### Data to process
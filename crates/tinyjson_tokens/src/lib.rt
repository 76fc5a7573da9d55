//! Where the characters of a JSON text come from, and its tokens: the letters of a literal, strings and numbers.
//!
//! A source gives characters: any iterator, or the bytes of a text in memory. Contracts of sources know nothing of the
//! grammar but its classes of characters. Those of tokens say what a call did in the words of the machine over single
//! characters, so they are no public surface: a program takes `tinyjson` alone, whose contracts are in the grammar's words.
#![tactic(auto)]

mod cursor;
mod escape;
mod number;
mod place;
mod reader;
mod source;
mod string;
mod text;
mod tokens;
mod utf16;

#[doc(hidden)]
pub use cursor::Characters;
#[doc(hidden)]
pub use reader::TokenReader;
#[doc(hidden)]
pub use source::{Lent, Source};
#[doc(hidden)]
pub use text::TextBytes;
#[doc(hidden)]
pub use tokens::Tokens;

### Problem description
Copy every line from the material in which the word "words" can be found.

### Solved exercise
//! grammar but its classes of characters. Those of tokens say what a call did in the words of the machine over single
//! characters, so they are no public surface: a program takes `tinyjson` alone, whose contracts are in the grammar's words.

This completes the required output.